*** Block opens ***
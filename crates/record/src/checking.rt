// The checks of a body: that it is whole, that no field is at fault, that it has a lifetime.
ghost use Rattle.std.specs.Prelude.{◌≡◌, ◌<◌, None, Some, IfSome, cond};
ghost use Rattle.std.specs.List.{position};
ghost use Rattle.std.specs.Result.{result_err};
ghost use Rattle.delivery.specs.Opened.{body_part};
ghost use Rattle.record.specs.Checking.{no_lifetime, fault_of, refusal_of};
ghost use Rattle.record.specs.Forms.{RefusedByForm};
ghost use Rattle.record.specs.Judging.{faulty};
ghost use Rattle.record.specs.Laid.{Laid};
ghost use Rattle.record.specs.Layouts.{field_count, layout};
ghost use Rattle.record.specs.Rules.{RefusedRightly, fields_of};
ghost use Rattle.record.specs.declared.refusals.BodyRefusal.TheVariants.{Lifetime};

use crate::described::Described;
use crate::layouts::layout;
use crate::walking::{check_whole, place_at};
use crate::{BodyRefusal, FieldKey, FieldName};
use delivery::{Body, Kind};
use instant::Instant;
use territory::Numbering;

/// The first reason for which the body is refused, if any.
#[tactic(auto, using(crate::proofs::Refused::refused_rightly, crate::proofs::Refused::refused_by_form, crate::proofs::Passed::accepted_whole))]
pub fn refusal<N: Numbering>(kind: Kind, body: Body) -> Option<BodyRefusal>
    ensures value { result ≡ refusal_of N.Numbering.own kind (body_part body.entry) }
    ensures rightly { RefusedRightly N.Numbering.own kind (body_part body.entry) result }
    ensures formed { RefusedByForm N.Numbering.own kind (body_part body.entry) result }
    ensures whole { result ≡ None → Laid body.entry.bytes.now (fields_of kind body.entry.bytes.now) }
{
    Described { kind, body }.check::<N>().err()
}

impl Described<'_> {
    /// The first reason that applies: the walk, then the fields, then the lifetime.
    #[tactic(auto, unfolding(crate::specs::Checking::refusal_of))]
    pub(crate) fn check<N: Numbering>(self) -> Result<(), BodyRefusal>
        ensures { result_err result ≡ refusal_of N.Numbering.own self.entry.kind (body_part self.entry.body) }
    {
        check_whole(self.body, layout(self.kind).len())?;
        self.check_fields::<N>()?;
        self.check_lifetime()
    }

    fn check_fields<N: Numbering>(self) -> Result<(), BodyRefusal>
        ensures { result_err result ≡ fault_of N.Numbering.own self.entry.kind (body_part self.entry.body) }
    {
        match self.first_faulty::<N>() {
            Some(index) => Err(BodyRefusal::Field {
                number: index + 1,
                place: place_at(self.body, index),
            }),
            None => Ok(()),
        }
    }

    fn first_faulty<N: Numbering>(self) -> Option<usize>
        ensures value { result ≡ position (faulty N.Numbering.own self.entry.kind self.entry.body.bytes.now) (layout self.entry.kind) }
        ensures below { IfSome result (λ index. index < field_count self.entry.kind) }
    {
        layout(self.kind)
            .iter()
            .enumerate()
            .position(|(index, name)| self.is_faulty::<N>(*name, index))
    }

    // A kind that has an Effective has its Expire behind it.
    #[tactic(auto, using(crate::proofs::Lifetimes::lifetime_told, crate::proofs::NamedTexts::stands_low))]
    fn check_lifetime(self) -> Result<(), BodyRefusal>
        ensures { result_err result ≡ cond (no_lifetime self.entry.kind self.entry.body.bytes.now) (Some Lifetime) None }
    {
        let Some(index) = FieldName::Effective.index(self.kind) else {
            return Ok(());
        };
        let effective = Instant::read_effective(self.text(index));
        let expire = Instant::read_expire(self.text(index + 1));
        match (effective, expire) {
            (Some(first), Some(end)) if first >= end => Err(BodyRefusal::Lifetime),
            _ => Ok(()),
        }
    }
}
*** Block closes ***
## Task details
Retype, exactly and in full, the listing from its first line to the one holding "pub(crate) fn check<N: Numbering>(self)", both included.

## Solved exercise
filename crates/record/src/checking.rt
// The checks of a body: that it is whole, that no field is at fault, that it has a lifetime.
ghost use Rattle.std.specs.Prelude.{◌≡◌, ◌<◌, None, Some, IfSome, cond};
ghost use Rattle.std.specs.List.{position};
ghost use Rattle.std.specs.Result.{result_err};
ghost use Rattle.delivery.specs.Opened.{body_part};
ghost use Rattle.record.specs.Checking.{no_lifetime, fault_of, refusal_of};
ghost use Rattle.record.specs.Forms.{RefusedByForm};
ghost use Rattle.record.specs.Judging.{faulty};
ghost use Rattle.record.specs.Laid.{Laid};
ghost use Rattle.record.specs.Layouts.{field_count, layout};
ghost use Rattle.record.specs.Rules.{RefusedRightly, fields_of};
ghost use Rattle.record.specs.declared.refusals.BodyRefusal.TheVariants.{Lifetime};

use crate::described::Described;
use crate::layouts::layout;
use crate::walking::{check_whole, place_at};
use crate::{BodyRefusal, FieldKey, FieldName};
use delivery::{Body, Kind};
use instant::Instant;
use territory::Numbering;

/// The first reason for which the body is refused, if any.
#[tactic(auto, using(crate::proofs::Refused::refused_rightly, crate::proofs::Refused::refused_by_form, crate::proofs::Passed::accepted_whole))]
pub fn refusal<N: Numbering>(kind: Kind, body: Body) -> Option<BodyRefusal>
    ensures value { result ≡ refusal_of N.Numbering.own kind (body_part body.entry) }
    ensures rightly { RefusedRightly N.Numbering.own kind (body_part body.entry) result }
    ensures formed { RefusedByForm N.Numbering.own kind (body_part body.entry) result }
    ensures whole { result ≡ None → Laid body.entry.bytes.now (fields_of kind body.entry.bytes.now) }
{
    Described { kind, body }.check::<N>().err()
}

impl Described<'_> {
    /// The first reason that applies: the walk, then the fields, then the lifetime.
    #[tactic(auto, unfolding(crate::specs::Checking::refusal_of))]
    pub(crate) fn check<N: Numbering>(self) -> Result<(), BodyRefusal>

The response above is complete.